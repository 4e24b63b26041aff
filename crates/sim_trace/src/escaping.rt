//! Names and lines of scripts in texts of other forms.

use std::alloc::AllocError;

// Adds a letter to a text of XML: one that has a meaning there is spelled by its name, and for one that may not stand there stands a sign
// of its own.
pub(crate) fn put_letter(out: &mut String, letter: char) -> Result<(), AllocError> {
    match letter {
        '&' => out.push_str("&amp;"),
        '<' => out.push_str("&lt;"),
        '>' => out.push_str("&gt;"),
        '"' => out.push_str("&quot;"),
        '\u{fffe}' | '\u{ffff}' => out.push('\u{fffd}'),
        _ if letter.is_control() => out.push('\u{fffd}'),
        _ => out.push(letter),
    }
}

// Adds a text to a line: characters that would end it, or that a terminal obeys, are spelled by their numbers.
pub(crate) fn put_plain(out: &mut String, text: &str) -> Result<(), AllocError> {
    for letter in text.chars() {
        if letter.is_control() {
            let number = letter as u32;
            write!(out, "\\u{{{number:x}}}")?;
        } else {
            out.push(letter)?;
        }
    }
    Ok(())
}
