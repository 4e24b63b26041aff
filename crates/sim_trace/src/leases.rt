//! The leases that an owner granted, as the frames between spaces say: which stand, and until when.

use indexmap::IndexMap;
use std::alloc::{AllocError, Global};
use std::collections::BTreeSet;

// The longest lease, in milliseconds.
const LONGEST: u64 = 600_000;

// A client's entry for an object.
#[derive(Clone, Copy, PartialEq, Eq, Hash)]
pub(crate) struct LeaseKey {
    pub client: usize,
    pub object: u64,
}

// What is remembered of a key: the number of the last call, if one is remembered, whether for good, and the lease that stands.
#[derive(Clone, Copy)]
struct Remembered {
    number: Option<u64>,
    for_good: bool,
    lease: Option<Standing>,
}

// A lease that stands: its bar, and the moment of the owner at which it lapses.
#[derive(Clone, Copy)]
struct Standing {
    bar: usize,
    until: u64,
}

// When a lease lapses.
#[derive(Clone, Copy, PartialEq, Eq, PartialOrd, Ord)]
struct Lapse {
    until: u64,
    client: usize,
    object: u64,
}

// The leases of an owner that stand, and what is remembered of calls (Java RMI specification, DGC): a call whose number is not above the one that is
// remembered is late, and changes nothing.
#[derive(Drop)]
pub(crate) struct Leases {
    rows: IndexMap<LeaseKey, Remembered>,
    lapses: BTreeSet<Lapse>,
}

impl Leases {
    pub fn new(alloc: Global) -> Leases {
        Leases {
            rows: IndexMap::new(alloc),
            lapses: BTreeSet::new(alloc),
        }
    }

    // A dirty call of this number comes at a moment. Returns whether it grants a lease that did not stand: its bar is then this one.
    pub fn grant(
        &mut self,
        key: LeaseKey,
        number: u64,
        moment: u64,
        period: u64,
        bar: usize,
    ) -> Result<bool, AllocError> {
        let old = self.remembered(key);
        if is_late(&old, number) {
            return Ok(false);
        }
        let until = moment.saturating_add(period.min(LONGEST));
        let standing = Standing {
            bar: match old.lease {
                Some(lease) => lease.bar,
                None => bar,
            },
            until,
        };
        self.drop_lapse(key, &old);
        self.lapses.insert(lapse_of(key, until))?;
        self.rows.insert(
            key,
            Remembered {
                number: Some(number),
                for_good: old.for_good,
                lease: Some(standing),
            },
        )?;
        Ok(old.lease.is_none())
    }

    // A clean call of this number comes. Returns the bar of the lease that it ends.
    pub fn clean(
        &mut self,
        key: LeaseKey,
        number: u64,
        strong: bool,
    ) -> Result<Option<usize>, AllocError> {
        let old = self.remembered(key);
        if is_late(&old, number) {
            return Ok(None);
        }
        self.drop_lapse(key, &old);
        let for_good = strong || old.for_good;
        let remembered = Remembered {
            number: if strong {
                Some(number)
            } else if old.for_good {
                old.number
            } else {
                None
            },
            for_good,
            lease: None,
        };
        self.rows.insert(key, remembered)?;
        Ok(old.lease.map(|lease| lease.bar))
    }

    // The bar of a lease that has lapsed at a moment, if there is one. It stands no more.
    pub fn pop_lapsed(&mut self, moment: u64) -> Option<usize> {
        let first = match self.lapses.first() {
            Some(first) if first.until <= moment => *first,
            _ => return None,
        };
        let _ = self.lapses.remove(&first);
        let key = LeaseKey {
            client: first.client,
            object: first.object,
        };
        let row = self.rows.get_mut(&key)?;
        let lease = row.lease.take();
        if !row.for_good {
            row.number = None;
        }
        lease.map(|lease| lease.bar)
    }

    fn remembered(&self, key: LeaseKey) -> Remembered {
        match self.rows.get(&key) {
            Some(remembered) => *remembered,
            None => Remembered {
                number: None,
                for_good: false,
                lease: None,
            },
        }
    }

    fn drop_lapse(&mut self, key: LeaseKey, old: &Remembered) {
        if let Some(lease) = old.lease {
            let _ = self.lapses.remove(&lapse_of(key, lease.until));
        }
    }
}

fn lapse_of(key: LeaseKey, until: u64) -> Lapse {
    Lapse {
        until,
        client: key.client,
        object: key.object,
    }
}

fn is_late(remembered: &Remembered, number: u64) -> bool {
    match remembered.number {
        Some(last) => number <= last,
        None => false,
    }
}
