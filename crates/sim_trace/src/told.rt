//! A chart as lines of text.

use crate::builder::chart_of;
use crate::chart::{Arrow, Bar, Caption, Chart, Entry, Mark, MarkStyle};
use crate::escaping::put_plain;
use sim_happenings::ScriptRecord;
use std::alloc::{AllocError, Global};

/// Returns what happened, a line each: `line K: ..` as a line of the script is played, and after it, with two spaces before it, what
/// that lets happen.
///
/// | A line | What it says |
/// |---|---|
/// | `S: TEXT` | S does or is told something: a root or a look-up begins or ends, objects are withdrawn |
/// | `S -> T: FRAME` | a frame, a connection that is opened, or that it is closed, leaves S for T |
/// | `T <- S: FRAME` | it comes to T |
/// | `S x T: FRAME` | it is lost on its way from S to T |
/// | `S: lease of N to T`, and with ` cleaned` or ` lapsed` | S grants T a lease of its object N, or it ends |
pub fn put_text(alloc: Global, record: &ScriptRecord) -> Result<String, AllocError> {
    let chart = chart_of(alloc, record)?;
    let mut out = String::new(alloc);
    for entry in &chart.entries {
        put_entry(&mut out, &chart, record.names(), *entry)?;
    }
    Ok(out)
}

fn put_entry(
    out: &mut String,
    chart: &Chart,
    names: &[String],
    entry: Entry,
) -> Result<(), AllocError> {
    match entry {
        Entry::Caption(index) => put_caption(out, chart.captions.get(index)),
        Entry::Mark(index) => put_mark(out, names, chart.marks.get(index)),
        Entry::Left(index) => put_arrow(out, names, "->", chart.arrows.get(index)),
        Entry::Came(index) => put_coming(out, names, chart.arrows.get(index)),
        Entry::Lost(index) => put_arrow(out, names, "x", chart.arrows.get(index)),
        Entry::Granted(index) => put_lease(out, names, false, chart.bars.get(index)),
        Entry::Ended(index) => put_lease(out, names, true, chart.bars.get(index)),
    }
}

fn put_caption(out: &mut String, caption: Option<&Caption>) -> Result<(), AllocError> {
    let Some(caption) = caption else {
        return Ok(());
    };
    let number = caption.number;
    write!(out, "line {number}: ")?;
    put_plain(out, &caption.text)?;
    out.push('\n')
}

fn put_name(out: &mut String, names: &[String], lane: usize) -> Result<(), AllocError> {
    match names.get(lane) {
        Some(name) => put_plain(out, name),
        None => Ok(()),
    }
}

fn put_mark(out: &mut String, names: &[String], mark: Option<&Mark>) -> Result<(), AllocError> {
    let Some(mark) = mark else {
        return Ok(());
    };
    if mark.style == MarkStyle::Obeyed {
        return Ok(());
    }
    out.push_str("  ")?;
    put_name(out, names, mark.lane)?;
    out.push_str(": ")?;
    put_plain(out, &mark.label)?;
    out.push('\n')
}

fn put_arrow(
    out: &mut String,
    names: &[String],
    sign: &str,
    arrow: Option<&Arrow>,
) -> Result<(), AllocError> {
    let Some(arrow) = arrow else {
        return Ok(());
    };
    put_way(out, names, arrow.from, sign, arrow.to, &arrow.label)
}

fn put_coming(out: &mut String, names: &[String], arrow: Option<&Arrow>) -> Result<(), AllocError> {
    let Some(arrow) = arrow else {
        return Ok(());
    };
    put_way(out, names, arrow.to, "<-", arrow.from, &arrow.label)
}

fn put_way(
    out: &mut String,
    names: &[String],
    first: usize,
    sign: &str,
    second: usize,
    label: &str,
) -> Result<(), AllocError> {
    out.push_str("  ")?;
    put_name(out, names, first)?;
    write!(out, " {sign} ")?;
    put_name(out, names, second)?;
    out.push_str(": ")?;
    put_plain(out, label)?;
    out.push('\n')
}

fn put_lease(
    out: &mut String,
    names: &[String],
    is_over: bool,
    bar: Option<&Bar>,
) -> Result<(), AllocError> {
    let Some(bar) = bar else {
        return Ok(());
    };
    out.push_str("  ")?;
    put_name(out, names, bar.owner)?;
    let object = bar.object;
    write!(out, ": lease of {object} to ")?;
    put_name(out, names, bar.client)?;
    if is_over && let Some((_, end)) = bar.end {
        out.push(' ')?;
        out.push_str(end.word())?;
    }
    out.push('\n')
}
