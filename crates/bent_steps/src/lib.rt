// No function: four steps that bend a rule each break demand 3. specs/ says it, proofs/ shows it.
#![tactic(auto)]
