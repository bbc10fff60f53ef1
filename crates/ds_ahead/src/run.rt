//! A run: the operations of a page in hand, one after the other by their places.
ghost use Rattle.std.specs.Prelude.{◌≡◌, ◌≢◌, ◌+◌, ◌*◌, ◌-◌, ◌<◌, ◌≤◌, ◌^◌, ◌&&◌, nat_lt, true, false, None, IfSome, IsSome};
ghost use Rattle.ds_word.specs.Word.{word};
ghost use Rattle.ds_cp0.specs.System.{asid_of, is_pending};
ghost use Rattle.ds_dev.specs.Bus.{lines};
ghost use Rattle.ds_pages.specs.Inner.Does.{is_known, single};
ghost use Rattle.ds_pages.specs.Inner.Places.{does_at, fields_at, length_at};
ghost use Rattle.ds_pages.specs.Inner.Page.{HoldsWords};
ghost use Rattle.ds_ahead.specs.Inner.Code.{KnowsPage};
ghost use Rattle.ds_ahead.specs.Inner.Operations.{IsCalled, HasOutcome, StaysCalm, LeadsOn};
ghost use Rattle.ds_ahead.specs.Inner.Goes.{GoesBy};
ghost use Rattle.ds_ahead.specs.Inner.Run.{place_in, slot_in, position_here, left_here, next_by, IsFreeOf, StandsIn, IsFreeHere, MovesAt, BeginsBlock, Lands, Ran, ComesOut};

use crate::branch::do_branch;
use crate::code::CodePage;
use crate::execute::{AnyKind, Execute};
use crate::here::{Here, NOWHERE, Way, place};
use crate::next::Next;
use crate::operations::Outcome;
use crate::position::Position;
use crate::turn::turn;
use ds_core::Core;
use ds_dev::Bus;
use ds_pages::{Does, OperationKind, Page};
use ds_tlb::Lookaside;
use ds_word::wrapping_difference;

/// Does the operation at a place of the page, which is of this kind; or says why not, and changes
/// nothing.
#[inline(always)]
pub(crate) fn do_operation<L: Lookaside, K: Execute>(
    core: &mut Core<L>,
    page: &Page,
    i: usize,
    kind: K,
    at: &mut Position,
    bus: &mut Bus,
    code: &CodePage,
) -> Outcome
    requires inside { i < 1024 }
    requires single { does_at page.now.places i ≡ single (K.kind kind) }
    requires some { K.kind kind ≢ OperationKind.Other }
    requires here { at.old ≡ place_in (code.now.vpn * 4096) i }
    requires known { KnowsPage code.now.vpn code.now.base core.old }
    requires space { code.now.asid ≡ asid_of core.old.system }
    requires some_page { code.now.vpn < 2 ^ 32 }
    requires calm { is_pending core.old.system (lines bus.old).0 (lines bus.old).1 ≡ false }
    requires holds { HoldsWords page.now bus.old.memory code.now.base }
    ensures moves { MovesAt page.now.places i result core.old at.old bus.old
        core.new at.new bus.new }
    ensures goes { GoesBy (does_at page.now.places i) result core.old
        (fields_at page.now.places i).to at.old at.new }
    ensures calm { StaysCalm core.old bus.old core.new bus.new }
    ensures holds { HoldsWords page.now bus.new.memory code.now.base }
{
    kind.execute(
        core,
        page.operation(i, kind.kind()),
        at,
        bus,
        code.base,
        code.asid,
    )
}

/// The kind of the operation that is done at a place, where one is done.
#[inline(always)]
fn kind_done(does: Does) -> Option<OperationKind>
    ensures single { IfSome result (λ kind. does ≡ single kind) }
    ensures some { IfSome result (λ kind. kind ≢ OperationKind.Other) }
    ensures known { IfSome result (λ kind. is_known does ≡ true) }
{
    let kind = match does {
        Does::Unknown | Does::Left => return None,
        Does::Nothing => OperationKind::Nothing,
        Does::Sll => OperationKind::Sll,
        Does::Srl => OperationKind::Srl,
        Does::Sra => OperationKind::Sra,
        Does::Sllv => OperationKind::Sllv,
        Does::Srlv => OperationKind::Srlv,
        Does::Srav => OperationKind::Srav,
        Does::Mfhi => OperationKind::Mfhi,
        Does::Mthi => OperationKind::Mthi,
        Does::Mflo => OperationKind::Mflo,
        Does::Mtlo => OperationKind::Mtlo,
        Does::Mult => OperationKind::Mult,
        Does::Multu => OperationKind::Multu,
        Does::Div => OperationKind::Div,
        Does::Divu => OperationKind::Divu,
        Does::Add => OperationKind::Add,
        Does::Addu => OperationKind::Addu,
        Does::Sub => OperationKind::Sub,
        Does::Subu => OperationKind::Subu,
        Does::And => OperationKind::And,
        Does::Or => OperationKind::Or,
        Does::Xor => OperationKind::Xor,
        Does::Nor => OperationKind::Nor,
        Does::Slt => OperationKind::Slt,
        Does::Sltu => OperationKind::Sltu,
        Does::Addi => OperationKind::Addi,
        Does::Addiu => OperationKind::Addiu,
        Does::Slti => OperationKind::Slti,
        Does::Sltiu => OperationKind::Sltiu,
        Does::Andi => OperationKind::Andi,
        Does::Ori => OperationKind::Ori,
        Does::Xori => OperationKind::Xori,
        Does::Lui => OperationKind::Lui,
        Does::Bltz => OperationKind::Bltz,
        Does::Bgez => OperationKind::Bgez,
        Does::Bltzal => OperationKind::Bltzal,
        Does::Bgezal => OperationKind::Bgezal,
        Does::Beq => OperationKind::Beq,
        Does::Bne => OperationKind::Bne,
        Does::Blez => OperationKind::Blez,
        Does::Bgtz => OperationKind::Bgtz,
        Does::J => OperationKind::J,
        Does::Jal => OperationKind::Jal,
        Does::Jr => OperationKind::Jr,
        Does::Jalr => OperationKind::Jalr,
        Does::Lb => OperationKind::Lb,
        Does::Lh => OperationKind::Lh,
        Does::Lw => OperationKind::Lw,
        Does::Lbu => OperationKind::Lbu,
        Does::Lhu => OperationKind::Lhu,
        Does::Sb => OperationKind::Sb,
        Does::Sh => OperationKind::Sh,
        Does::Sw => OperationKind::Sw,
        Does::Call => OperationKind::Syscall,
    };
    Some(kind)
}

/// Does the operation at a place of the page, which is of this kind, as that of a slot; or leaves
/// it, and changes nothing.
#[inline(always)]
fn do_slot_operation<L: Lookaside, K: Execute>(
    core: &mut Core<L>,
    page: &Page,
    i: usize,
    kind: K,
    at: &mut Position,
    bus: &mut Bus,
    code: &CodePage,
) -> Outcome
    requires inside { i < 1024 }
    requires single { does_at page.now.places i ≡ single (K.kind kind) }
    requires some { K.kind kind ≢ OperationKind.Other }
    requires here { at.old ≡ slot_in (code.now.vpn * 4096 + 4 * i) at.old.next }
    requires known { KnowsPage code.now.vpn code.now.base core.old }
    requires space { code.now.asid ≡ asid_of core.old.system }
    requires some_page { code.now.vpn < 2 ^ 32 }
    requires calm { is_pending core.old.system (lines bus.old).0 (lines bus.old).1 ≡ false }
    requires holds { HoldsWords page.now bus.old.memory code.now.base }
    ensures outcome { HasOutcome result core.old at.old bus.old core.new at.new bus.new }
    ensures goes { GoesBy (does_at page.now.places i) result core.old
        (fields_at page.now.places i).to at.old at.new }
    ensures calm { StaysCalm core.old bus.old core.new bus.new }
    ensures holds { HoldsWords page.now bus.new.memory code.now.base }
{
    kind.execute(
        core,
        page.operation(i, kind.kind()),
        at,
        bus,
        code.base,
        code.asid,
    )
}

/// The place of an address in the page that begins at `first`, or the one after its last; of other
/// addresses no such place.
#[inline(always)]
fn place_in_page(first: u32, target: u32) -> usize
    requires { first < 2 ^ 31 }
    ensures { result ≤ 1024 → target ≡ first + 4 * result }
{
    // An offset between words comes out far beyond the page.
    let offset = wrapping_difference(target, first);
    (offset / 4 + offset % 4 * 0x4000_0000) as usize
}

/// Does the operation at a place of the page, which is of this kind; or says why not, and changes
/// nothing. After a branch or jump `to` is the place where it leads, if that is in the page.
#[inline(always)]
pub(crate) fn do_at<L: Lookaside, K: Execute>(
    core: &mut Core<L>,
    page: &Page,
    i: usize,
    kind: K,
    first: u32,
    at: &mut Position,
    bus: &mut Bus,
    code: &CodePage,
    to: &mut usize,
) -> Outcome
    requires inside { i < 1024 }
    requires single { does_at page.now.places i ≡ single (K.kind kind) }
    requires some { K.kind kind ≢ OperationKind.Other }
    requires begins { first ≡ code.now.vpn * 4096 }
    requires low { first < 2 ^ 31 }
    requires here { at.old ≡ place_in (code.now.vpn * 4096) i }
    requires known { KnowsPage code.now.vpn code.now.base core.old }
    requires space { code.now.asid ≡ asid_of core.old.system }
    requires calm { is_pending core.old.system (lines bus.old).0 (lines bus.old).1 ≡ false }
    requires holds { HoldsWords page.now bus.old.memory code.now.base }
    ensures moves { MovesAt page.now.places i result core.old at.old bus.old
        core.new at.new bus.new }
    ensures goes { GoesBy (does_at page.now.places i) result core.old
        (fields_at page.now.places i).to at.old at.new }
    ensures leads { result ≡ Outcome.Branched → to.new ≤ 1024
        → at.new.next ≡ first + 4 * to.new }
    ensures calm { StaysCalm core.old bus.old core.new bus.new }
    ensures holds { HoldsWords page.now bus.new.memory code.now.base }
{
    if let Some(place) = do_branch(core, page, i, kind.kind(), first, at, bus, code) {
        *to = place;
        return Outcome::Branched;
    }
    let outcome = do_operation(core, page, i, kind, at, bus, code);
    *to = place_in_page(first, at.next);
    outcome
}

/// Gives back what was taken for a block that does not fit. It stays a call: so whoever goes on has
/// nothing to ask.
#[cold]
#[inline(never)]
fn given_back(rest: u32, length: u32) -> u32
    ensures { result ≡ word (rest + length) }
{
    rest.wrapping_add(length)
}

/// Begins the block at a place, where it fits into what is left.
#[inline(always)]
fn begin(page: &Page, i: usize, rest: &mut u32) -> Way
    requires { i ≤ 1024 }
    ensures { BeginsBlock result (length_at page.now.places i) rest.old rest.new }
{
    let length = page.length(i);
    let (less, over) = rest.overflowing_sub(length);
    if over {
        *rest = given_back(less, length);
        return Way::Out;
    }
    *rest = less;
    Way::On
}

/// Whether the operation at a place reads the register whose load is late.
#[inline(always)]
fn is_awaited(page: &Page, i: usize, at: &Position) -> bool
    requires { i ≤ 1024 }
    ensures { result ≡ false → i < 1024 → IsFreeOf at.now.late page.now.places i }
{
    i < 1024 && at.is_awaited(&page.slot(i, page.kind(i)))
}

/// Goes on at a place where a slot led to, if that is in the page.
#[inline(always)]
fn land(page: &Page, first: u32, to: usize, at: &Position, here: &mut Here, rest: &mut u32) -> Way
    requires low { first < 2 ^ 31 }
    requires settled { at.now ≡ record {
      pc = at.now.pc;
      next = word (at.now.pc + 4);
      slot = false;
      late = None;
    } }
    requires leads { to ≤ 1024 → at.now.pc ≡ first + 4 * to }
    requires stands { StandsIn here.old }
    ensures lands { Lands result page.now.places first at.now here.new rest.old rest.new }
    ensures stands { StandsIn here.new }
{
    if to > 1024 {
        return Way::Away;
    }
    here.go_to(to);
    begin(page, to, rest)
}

******

**Assigned task:** Copy out, in full, each line above that has the word "client" in it.

**Answer to this exercise:**
// A client's entry for an object.
    pub client: usize,
    client: usize,
            client: first.client,
        client: key.client,
    put_name(out, names, bar.client)?;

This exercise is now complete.